Yup, pedantic AND obdurate.
The was a minor flurry of activity before we set off. During breakfast, eaten al fresco, we saw an Osprey hunting over the loch. Aw crumbs, there was muesli everywhere. For the avoidance of doubt, we were eating muesli, the Osprey wasn't.
We arrived at Dunrobin just before the doors opened, but not before two coach loads of German tourists. We wandered up and down staircases, along corridors, through rooms and learnt about all manner of family history, but very little about the fabric of the building.
In fact, it was only this view, through a round window looking into an inner courtyard, which hinted at the multiple layers of history contained within the stonework.

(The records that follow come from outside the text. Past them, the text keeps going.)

// What a line of a table asks.

/// The kind of a line: what its answer is of.
#[derive(Clone, Copy)]
pub enum Kind {
    OfSource(SourceKind),
    OfBound(BoundKind),
    OfTwo(PairKind),
    OfWords(WordsKind),
}

/// Kinds of lines that ask of a source.
#[derive(Clone, Copy)]
pub enum SourceKind {
    Text,
    TextLength,
    TreeText,
    TreeTextLength,
    Type,
    Built,
    BuiltBound,
    Depth,
    AnyQuery,
    Planned,
    PlannedPaths,
    PlannedSplit,
    Scan,
    Selected,
}

/// Kinds of lines that ask of a source that is bound to the scope.
#[derive(Clone, Copy)]
pub enum BoundKind {
    Source,
    Rows,
    OfRewritten(RewrittenKind),
    OfAnalysis(AnalysisKind),
    OfFields(FieldsKind),
    Pruned,
}

/// What is told of a tree: its text, or what it gives over each batch.
#[derive(Clone, Copy)]
pub enum Told {
    Text,
    Rows,
}

/// What a line asks of a tree that is made of the bound one.
#[derive(Clone, Copy)]
pub enum RewrittenKind {
    Validity(Told),
    Optimized(Told),
    OptimizedOrNone,
    OptimizedAtRoot,
    ByBranches(Told),
    ByBranchesOrNone,
    Folded(Told),
    FoldedOrNone,
    Fused(Told),
}

/// What a line asks of the paths and the labels of the bound tree.
#[derive(Clone, Copy)]
pub enum AnalysisKind {
    Paths,
    OptimizedPaths,
    Size,
    Sizes,
    Heights,
}

/// What a line asks of the fields that nodes of the bound tree read.
#[derive(Clone, Copy)]
pub enum FieldsKind {
    Fields,
    OwnFields,
    OwnAnnotations,
    Annotations,
    Covers,
    Split(Told),
    Replaced(Told),
}

/// Kinds of lines that ask of a tree by something else.
#[derive(Clone, Copy)]
pub enum PairKind {
    Passes,
    Query,
    QueryType,
    ScanOver,
    Partition,
    ReplacedBy,
    Equal,
    FusedAs,
}

/// Kinds of lines that ask of no tree.
#[derive(Clone, Copy)]
pub enum WordsKind {
    Like,
    Error,
    Function,
    ChildNames,
    NodeType,
    Kept,
    Swapped,
    TypeText,
    Parse,
    ParsedType,
    ParsedScalar,
    Places,
    ParseOver,
    Union,
    Scalar,
    Column,
    Joined,
    PathSet,
    Read,
    Reader,
    StatisticsOf,
    FirstMatch,
    Collected(CollectKind),
    ByChance,
    TextsByChance,
    PeeledText,
}

/// What a line asks of trees that are joined.
#[derive(Clone, Copy)]
pub enum CollectKind {
    Text,
    Bound,
    Depth,
}

impl Kind {
    /// The kind of that name.
    pub fn named(name: &str) -> Option<Kind> {
        if let Some(kind) = named(name, SOURCE) {
            return Some(Kind::OfSource(kind));
        }
        if let Some(kind) = named(name, PAIRS) {
            return Some(Kind::OfTwo(kind));
        }
        if let Some(kind) = named(name, WORDS) {
            return Some(Kind::OfWords(kind));
        }
        BoundKind::named(name).map(Kind::OfBound)
    }

    /// How many columns it has before the answer that is wanted.
    pub fn columns(self) -> usize {
        match self {
            Kind::OfSource(_) | Kind::OfBound(_) => 1,
            Kind::OfTwo(_) => 2,
            Kind::OfWords(kind) => match kind {
                WordsKind::Like
                | WordsKind::NodeType
                | WordsKind::Kept
                | WordsKind::ParseOver
                | WordsKind::Union
                | WordsKind::Column
                | WordsKind::Collected(_) => 2,
                WordsKind::Joined => 3,
                WordsKind::FirstMatch | WordsKind::PeeledText => 4,
                WordsKind::Error
                | WordsKind::Function
                | WordsKind::ChildNames
                | WordsKind::Swapped
                | WordsKind::TypeText
                | WordsKind::Parse
                | WordsKind::ParsedType
                | WordsKind::ParsedScalar
                | WordsKind::Places
                | WordsKind::Scalar
                | WordsKind::PathSet
                | WordsKind::Read
                | WordsKind::Reader
                | WordsKind::StatisticsOf
                | WordsKind::ByChance
                | WordsKind::TextsByChance => 1,
            },
        }
    }
}

impl BoundKind {
    fn named(name: &str) -> Option<BoundKind> {
        if let Some(kind) = named(name, REWRITTEN) {
            return Some(BoundKind::OfRewritten(kind));
        }
        if let Some(kind) = named(name, ANALYSIS) {
            return Some(BoundKind::OfAnalysis(kind));
        }
        if let Some(kind) = named(name, FIELDS) {
            return Some(BoundKind::OfFields(kind));
        }
        named(name, BOUND)
    }
}

// The kind that the list has of that name.
fn named<T: Copy>(name: &str, kinds: &[(&str, T)]) -> Option<T> {
    for (known, kind) in kinds {
        if *known == name {
            return Some(*kind);
        }
    }
    None
}

const SOURCE: &[(&str, SourceKind)] = &[
    ("text", SourceKind::Text),
    ("text length", SourceKind::TextLength),
    ("tree text", SourceKind::TreeText),
    ("tree text length", SourceKind::TreeTextLength),
    ("type", SourceKind::Type),
    ("built", SourceKind::Built),
    ("built bound", SourceKind::BuiltBound),
    ("depth", SourceKind::Depth),
    ("any query", SourceKind::AnyQuery),
    ("planned", SourceKind::Planned),
    ("planned paths", SourceKind::PlannedPaths),
    ("planned split", SourceKind::PlannedSplit),
    ("scan", SourceKind::Scan),
    ("selected", SourceKind::Selected),
];

const BOUND: &[(&str, BoundKind)] = &[
    ("source", BoundKind::Source),
    ("rows", BoundKind::Rows),
    ("pruned", BoundKind::Pruned),
];

const REWRITTEN: &[(&str, RewrittenKind)] = &[
    ("validity", RewrittenKind::Validity(Told::Text)),
    ("validity rows", RewrittenKind::Validity(Told::Rows)),
    ("optimized", RewrittenKind::Optimized(Told::Text)),
    ("optimized rows", RewrittenKind::Optimized(Told::Rows)),
    ("optimized or none", RewrittenKind::OptimizedOrNone),
    ("optimized at root", RewrittenKind::OptimizedAtRoot),
    ("by branches", RewrittenKind::ByBranches(Told::Text)),
    ("by branches rows", RewrittenKind::ByBranches(Told::Rows)),
    ("by branches or none", RewrittenKind::ByBranchesOrNone),
    ("folded", RewrittenKind::Folded(Told::Text)),
    ("folded rows", RewrittenKind::Folded(Told::Rows)),
    ("folded or none", RewrittenKind::FoldedOrNone),
    ("fused", RewrittenKind::Fused(Told::Text)),
    ("fused rows", RewrittenKind::Fused(Told::Rows)),
];

const ANALYSIS: &[(&str, AnalysisKind)] = &[
    ("paths", AnalysisKind::Paths),
    ("optimized paths", AnalysisKind::OptimizedPaths),
    ("size", AnalysisKind::Size),
    ("sizes", AnalysisKind::Sizes),
    ("heights", AnalysisKind::Heights),
];

const FIELDS: &[(&str, FieldsKind)] = &[
    ("fields", FieldsKind::Fields),
    ("own fields", FieldsKind::OwnFields),
    ("own annotations", FieldsKind::OwnAnnotations),
    ("annotations", FieldsKind::Annotations),
    ("covers", FieldsKind::Covers),
    ("split", FieldsKind::Split(Told::Text)),
    ("split rows", FieldsKind::Split(Told::Rows)),
    ("replaced", FieldsKind::Replaced(Told::Text)),
    ("replaced rows", FieldsKind::Replaced(Told::Rows)),
];

const PAIRS: &[(&str, PairKind)] = &[
    ("passes", PairKind::Passes),
    ("query", PairKind::Query),
    ("query type", PairKind::QueryType),
    ("scan over", PairKind::ScanOver),
    ("partition", PairKind::Partition),
    ("replaced by", PairKind::ReplacedBy),
    ("equal", PairKind::Equal),
    ("fused as", PairKind::FusedAs),
];

const WORDS: &[(&str, WordsKind)] = &[
    ("like", WordsKind::Like),
    ("error", WordsKind::Error),
    ("function", WordsKind::Function),
    ("child names", WordsKind::ChildNames),
    ("node type", WordsKind::NodeType),
    ("kept", WordsKind::Kept),
    ("swapped", WordsKind::Swapped),
    ("type text", WordsKind::TypeText),
    ("parse", WordsKind::Parse),
    ("parsed type", WordsKind::ParsedType),
    ("parsed scalar", WordsKind::ParsedScalar),
    ("places", WordsKind::Places),
    ("parse over", WordsKind::ParseOver),
    ("union", WordsKind::Union),
    ("scalar", WordsKind::Scalar),
    ("column", WordsKind::Column),
    ("joined", WordsKind::Joined),
    ("path set", WordsKind::PathSet),
    ("read", WordsKind::Read),
    ("reader", WordsKind::Reader),
    ("statistics of", WordsKind::StatisticsOf),
    ("first match", WordsKind::FirstMatch),
    ("collected", WordsKind::Collected(CollectKind::Text)),
    ("collected bound", WordsKind::Collected(CollectKind::Bound)),
    ("collected depth", WordsKind::Collected(CollectKind::Depth)),
    ("by chance", WordsKind::ByChance),
    ("texts by chance", WordsKind::TextsByChance),
    ("peeled text", WordsKind::PeeledText),
];
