// Whole tables.
use crate::scene::Scene;
use std::alloc::Global;
use std::io;
use std::io::Write;
use vx_test_support::{Table, Tally};

/// Judges each line of the table over a scene of its own, as [`Table::judge`] does. Fails where the
/// writer does, and where memory for the scene is refused.
pub fn judge_table<W: Write>(
    alloc: Global,
    table: &Table<'_>,
    tally: &mut Tally,
    out: &mut W,
) -> io::Result<()> {
    match Scene::new(alloc) {
        Ok(mut scene) => table.judge(alloc, &mut scene, tally, out),
        Err(_) => Err(io::Error::from(io::ErrorKind::OutOfMemory)),
    }
}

The contents of each room were proudly labelled for our delectation. One particular glass cabinet caught my attention. It contained one of a pair of ornate slippers, apparently left behind, centuries ago, by a guest from the Vatican. What the actual?! Couldn't they have stuck it in the post and re-united it with its owner? Jeez, if this is what we've come to, there must be hotels and guest houses up and down the land, all treasuring the hot water bottles which Our Lass leaves behind. ["What, pet? Again? Surely not?!"]
The formal garden were a bit more informal due to the presence of a recently-mown hay meadow, the work appearing to be done by hand rather than machine. One begrudgingly bestowed brownie point to Dunrobin.
I went Full Quirk with my camera, a task made much easier by this weird tree/bush/plant thing. Please note the exquisitely out of focus step ladders, bottom left.
Another Dunrobin attraction that I was assiduously ignoring was the Falconry display. However, this did have the added benefit of being a tourist magnet, so every other part of the garden was quieter. I noticed a Grey Heron, flapping slowly and earnestly from the shore, across the estate and making a bee line for the garden, right up to the point where it discovered that the air space beneath it was full of raptors. With an undignified squawk and an ungainly volte-face, it lumbered away in high dudgeon.
Meanwhile, a familiar sound, which I had been hearing for a few minutes, finally made it to my brain. Why was I listening to Fulmars?! Of course, to the birds, the castle was just another rocky cliff face. Balcony display, anyone?
As the sun put in an appearance, plenty of insects were making good use of all the nectar and pollen on tap. This year seems to have been a bumper one for Painted Lady butterflies in the UK (and elsewhere) and there were umpteen of them busily slurping away.
Eschewing the gift shop and lunch in the cafe, we headed into Golspie like good little proles, and had a peasantly light lunch. I even stirred my tea with revolutionary fervour.
Then it was onto Golspie's other attraction, the Big Burn Walk, a gentle saunter along paths lush with Summer's bounty and through leafy glades between towering cliffs.
It occurred to me that if we were walking along the Big Burn, then this must be a sideburn, perhaps even one of a pair.
Proofreading this post, I realise I should point out that when I say 'Big Burn', that is with an R and an N, not an M.